[Saved data entries]
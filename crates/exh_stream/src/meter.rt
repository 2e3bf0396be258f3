use crate::line::{CLEARED, line};
use crate::pace::Pace;
use crate::{Terminal, Work};
use std::cell::Cell;

/// How far work is, told on one line of a terminal: from two seconds after its beginning on, at most four times a
/// second, and until the line is taken away. A reader, a writer and their caller share one. It takes no memory, and
/// never fails.
#[derive(Drop)]
pub struct Meter<T: Terminal> {
    terminal: Option<T>,
    work: Work,
    // None where there is no terminal, or its clock couldn't be read.
    pace: Cell<Option<Pace>>,
}

impl<T: Terminal> Meter<T> {
    /// Of work that begins now. Without a terminal nothing is told.
    pub fn new(terminal: Option<T>, work: Work) -> Meter<T> {
        let pace = match &terminal {
            Some(terminal) => terminal.milliseconds().map(Pace::new),
            None => None,
        };
        Meter {
            terminal,
            work,
            pace: Cell::new(pace),
        }
    }

    /// The work came further, by these bytes that were read or written.
    pub fn pass(&self, bytes: &[u8]) {
        if let (Some(terminal), Some(pace)) = (&self.terminal, self.pace.get()) {
            let (further, is_told) = pace.step(self.work.unit.amount(bytes), terminal);
            if is_told {
                terminal.show(line(self.work, further.done).as_slice());
            }
            self.pace.set(Some(further));
        }
    }

    /// Takes the line away, where one stands. It may come again.
    pub fn clear(&self) {
        if let (Some(terminal), Some(pace)) = (&self.terminal, self.pace.get())
            && pace.stands
        {
            terminal.show(CLEARED);
            self.pace.set(Some(pace.clear()));
        }
    }
}
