ghost use Rattle.std.specs.Prelude.{◌≡◌, ◌==◌, count_by};
ghost use Rattle.exh_stream.specs.Line.{amount_of, count_of, unit_words};

/// What is counted of the bytes that pass.
#[derive(Clone, Copy)]
pub enum Unit {
    /// Blocks of 4,096 bytes that are read.
    BlocksRead,
    /// Blocks of 4,096 bytes that are written.
    BlocksWritten,
    /// Lines that are read, behind the first.
    PairsRead,
}

/// Work that goes on: what is counted, and how many of it there are in all, where that is known.
#[derive(Clone, Copy)]
pub struct Work {
    pub unit: Unit,
    pub of: Option<u64>,
}

/// Bytes of a block of a page file.
pub const BLOCK_LEN: u64 = 4096;

const NEWLINE: u8 = b'\n';

impl Unit {
    // How much these bytes add: their number, or that of their newlines.
    pub(crate) fn amount(self, bytes: &[u8]) -> u64
        ensures { result ≡ amount_of self bytes.now }
    {
        match self {
            Unit::BlocksRead | Unit::BlocksWritten => bytes.len() as u64,
            Unit::PairsRead => newlines(bytes),
        }
    }

    // How many there are in so much.
    pub(crate) fn count(self, amount: u64) -> u64
        ensures { result ≡ count_of self amount }
    {
        match self {
            Unit::BlocksRead | Unit::BlocksWritten => amount / BLOCK_LEN,
            Unit::PairsRead => amount.saturating_sub(1),
        }
    }

    // What they are called.
    pub(crate) fn words(self) -> &'static [u8]
        ensures { result.now ≡ unit_words self }
    {
        match self {
            Unit::BlocksRead => b" blocks read",
            Unit::BlocksWritten => b" blocks written",
            Unit::PairsRead => b" pairs read",
        }
    }
}

fn newlines(bytes: &[u8]) -> u64
    ensures { result ≡ count_by (λ byte. byte == NEWLINE) bytes.now }
{
    bytes.iter().filter(|byte| **byte == NEWLINE).count() as u64
}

Work required: Each record must be output word for word.

Exercise result:
filename crates/exh_stream/src/meter.rt
repository 2e3bf0396be258f3
use crate::line::{CLEARED, line};
use crate::pace::Pace;
use crate::{Terminal, Work};
use std::cell::Cell;

/// How far work is, told on one line of a terminal: from two seconds after its beginning on, at most four times a
/// second, and until the line is taken away. A reader, a writer and their caller share one. It takes no memory, and
/// never fails.
#[derive(Drop)]
pub struct Meter<T: Terminal> {
    terminal: Option<T>,
    work: Work,
    // None where there is no terminal, or its clock couldn't be read.
    pace: Cell<Option<Pace>>,
}

impl<T: Terminal> Meter<T> {
    /// Of work that begins now. Without a terminal nothing is told.
    pub fn new(terminal: Option<T>, work: Work) -> Meter<T> {
        let pace = match &terminal {
            Some(terminal) => terminal.milliseconds().map(Pace::new),
            None => None,
        };
        Meter {
            terminal,
            work,
            pace: Cell::new(pace),
        }
    }

    /// The work came further, by these bytes that were read or written.
    pub fn pass(&self, bytes: &[u8]) {
        if let (Some(terminal), Some(pace)) = (&self.terminal, self.pace.get()) {
            let (further, is_told) = pace.step(self.work.unit.amount(bytes), terminal);
            if is_told {
                terminal.show(line(self.work, further.done).as_slice());
            }
            self.pace.set(Some(further));
        }
    }

    /// Takes the line away, where one stands. It may come again.
    pub fn clear(&self) {
        if let (Some(terminal), Some(pace)) = (&self.terminal, self.pace.get())
            && pace.stands
        {
            terminal.show(CLEARED);
            self.pace.set(Some(pace.clear()));
        }
    }
}
ghost use Rattle.std.specs.Prelude.{◌≡◌, ◌==◌, count_by};
ghost use Rattle.exh_stream.specs.Line.{amount_of, count_of, unit_words};

/// What is counted of the bytes that pass.
#[derive(Clone, Copy)]
pub enum Unit {
    /// Blocks of 4,096 bytes that are read.
    BlocksRead,
    /// Blocks of 4,096 bytes that are written.
    BlocksWritten,
    /// Lines that are read, behind the first.
    PairsRead,
}

/// Work that goes on: what is counted, and how many of it there are in all, where that is known.
#[derive(Clone, Copy)]
pub struct Work {
    pub unit: Unit,
    pub of: Option<u64>,
}

/// Bytes of a block of a page file.
pub const BLOCK_LEN: u64 = 4096;

const NEWLINE: u8 = b'\n';

impl Unit {
    // How much these bytes add: their number, or that of their newlines.
    pub(crate) fn amount(self, bytes: &[u8]) -> u64
        ensures { result ≡ amount_of self bytes.now }
    {
        match self {
            Unit::BlocksRead | Unit::BlocksWritten => bytes.len() as u64,
            Unit::PairsRead => newlines(bytes),
        }
    }

    // How many there are in so much.
    pub(crate) fn count(self, amount: u64) -> u64
        ensures { result ≡ count_of self amount }
    {
        match self {
            Unit::BlocksRead | Unit::BlocksWritten => amount / BLOCK_LEN,
            Unit::PairsRead => amount.saturating_sub(1),
        }
    }

    // What they are called.
    pub(crate) fn words(self) -> &'static [u8]
        ensures { result.now ≡ unit_words self }
    {
        match self {
            Unit::BlocksRead => b" blocks read",
            Unit::BlocksWritten => b" blocks written",
            Unit::PairsRead => b" pairs read",
        }
    }
}

fn newlines(bytes: &[u8]) -> u64
    ensures { result ≡ count_by (λ byte. byte == NEWLINE) bytes.now }
{
    bytes.iter().filter(|byte| **byte == NEWLINE).count() as u64
}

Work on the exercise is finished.